Im Vordergrund der Idee „Ensemble des Konzerttages“ steht also der musikalische Spaß und das Erleben gemeinsamen Musizierens fernab jeglichen Leistungsdrucks. Jeder bereitet natürlich seine Stimme vor. Und ebenso hat jeder schon mit anderen aus dem Ensemble des Konzerttages geprobt. Kleinere oder größere Herausforderungen haben alle SpielerInnen also in der Vorbereitung auf ihrem Niveau gemeistert und im Konzert darf, kann und soll in erster Linie die Freude am gemeinsamen Tun stehen, sodass es zu einem Erlebnis für SpielerInnen und ZuhörerInnen gleichermaßen wird.

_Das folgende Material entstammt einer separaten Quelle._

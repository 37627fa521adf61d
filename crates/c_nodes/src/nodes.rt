ghost use Rattle.std.specs.Prelude.{◌≡◌, ◌<◌, ◌^◌};
ghost use Rattle.c_prog.specs.Nodes.{nodes, nodes_of, functions_nodes, step_nodes, tree_nodes};

use c_prog::{Function, Program, Step, Stmt};

fn step_nodes(step: &Option<Step>) -> u32
    ensures { result ≡ step_nodes step.now }
{
    match step {
        None => 0,
        Some(_) => 1,
    }
}

#[cycle(count)]
fn nodes(stmt: &Stmt) -> u32
    requires { nodes stmt.now < 2 ^ 32 }
    ensures { result ≡ nodes stmt.now }
{
    match stmt {
        Stmt::Simple { .. } | Stmt::Jump { .. } => 1,
        Stmt::If { yes, no, .. } => 1 + nodes_of(yes.as_slice()) + nodes_of(no.as_slice()),
        Stmt::Loop { step, body, .. } => 1 + step_nodes(step) + nodes_of(body.as_slice()),
        Stmt::Block(body) => nodes_of(body.as_slice()),
    }
}

#[cycle(count)]
fn nodes_of(list: &[Stmt]) -> u32
    requires { nodes_of list.now < 2 ^ 32 }
    ensures { result ≡ nodes_of list.now }
{
    let mut count = 0;
    for stmt in list {
        count += nodes(stmt);
    }
    count
}

/// How many nodes functions have.
fn functions_nodes(list: &[Function]) -> u32
    requires { functions_nodes list.now < 2 ^ 32 }
    ensures { result ≡ functions_nodes list.now }
{
    let mut count = 0;
    for function in list {
        count += nodes_of(function.body.as_slice());
    }
    count
}

/// How many nodes the program has.
pub fn node_count(program: &Program) -> u32
    ensures { result ≡ tree_nodes program.now }
{
    functions_nodes(program.tree().functions.as_slice())
}
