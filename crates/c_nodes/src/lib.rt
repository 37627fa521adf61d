//! The nodes of a program by their numbers: how many there are, the node with a number, all of
//! them in order, and the operations at a place.
#![tactic(auto)]

mod find;
mod found;
mod node_order;
mod nodes;
mod places;

pub use node_order::all_nodes;
pub use nodes::node_count;
pub use places::{node_of, ops};
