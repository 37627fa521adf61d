use crate::scene::{plan, shelf};
use cfix_outside::{MemorySink, Shelf, ShelfFault, Sink, put_text};
use std::test::Fail;

#[test]
fn a_shelf_in_memory_fails_as_planned(rt: HostRuntime) -> Result<(), Fail> {
    let alloc = rt.alloc();
    let files = [("a", b"abc".as_slice()), ("a", b"other")];
    let mut shelf = shelf(alloc, &files, &[(1, 0)]).expect(&rt, "memory");
    for (name, limit, bytes, fault) in [
        ("a", 3usize, "abc", None),
        ("a", 3, "", Some(ShelfFault::Failed)),
        ("b", 3, "", Some(ShelfFault::Failed)),
        ("a", 2, "", Some(ShelfFault::TooLong(2))),
        ("a", 3, "abc", None),
    ] {
        match shelf.read(alloc, name, limit) {
            Ok(read) => {
                assert_eq!(rt; fault, None);
                assert_eq!(rt; read.as_slice(), bytes.as_bytes());
            }
            Err(found) => assert_eq!(rt; Some(found), fault),
        }
    }
    Ok(())
}

#[test]
fn a_sink_in_memory_fails_as_planned(rt: HostRuntime) -> Result<(), Fail> {
    let alloc = rt.alloc();
    let plan = plan(alloc, &[(1, 2), (1, 0), (2, 9), (7, 1)]).expect(&rt, "memory");
    let mut sink = MemorySink::with_room(alloc, 12, plan).expect(&rt, "memory");
    for (piece, is_ok, taken) in [
        ("abc", true, "abc"),
        ("def", false, "abcde"),
        ("fgh", false, "abcdefgh"),
        ("", true, "abcdefgh"),
        ("ijk", true, "abcdefghijk"),
        ("lmn", false, "abcdefghijkl"),
        ("m", false, "abcdefghijkl"),
        ("", false, "abcdefghijkl"),
    ] {
        assert_eq!(rt; sink.put(piece.as_bytes()).is_ok(), is_ok);
        assert_eq!(rt; sink.taken(), taken.as_bytes());
    }
    Ok(())
}

#[test]
fn a_text_is_put_in_pieces_of_256_bytes(rt: HostRuntime) -> Result<(), Fail> {
    let alloc = rt.alloc();
    let text = vec![in alloc; b'x'; 600]?;
    for (entry, is_ok, taken) in [
        ((0u32, 7u32), false, 7usize),
        ((1, 10), false, 266),
        ((2, 90), false, 600),
        ((3, 0), true, 600),
    ] {
        let plan = plan(alloc, &[entry]).expect(&rt, "memory");
        let mut sink = MemorySink::with_room(alloc, 1000, plan).expect(&rt, "memory");
        assert_eq!(rt; put_text(&mut sink, &text).is_ok(), is_ok);
        assert_eq!(rt; sink.taken().len(), taken);
    }
    Ok(())
}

Liebe KollegInnen, vielleicht findet sich in meiner Beschreibung ein Funken, der zu eurem Schaffen passt. Ich möchte Mut machen, die schlichte Freude des Miteinander-Musizierens zu kultivieren, manches zu vereinfachen, sich neben dem Reduzieren aber nicht mit völlig simplen Arrangements zufrieden zu geben. Es ist eine wunderbare Möglichkeit, im Einfachen das Besondere zu finden und für die eigene Klasse maßzuschneidern. Eine Belohnung, die man dafür bekommt, ist ein guter Zusammenhalt in der ganzen Klasse, vom ersten Konzert an. Und nach einigen Jahren kommen viele Geschichten und gemeinsam erlebte Momente zusammen.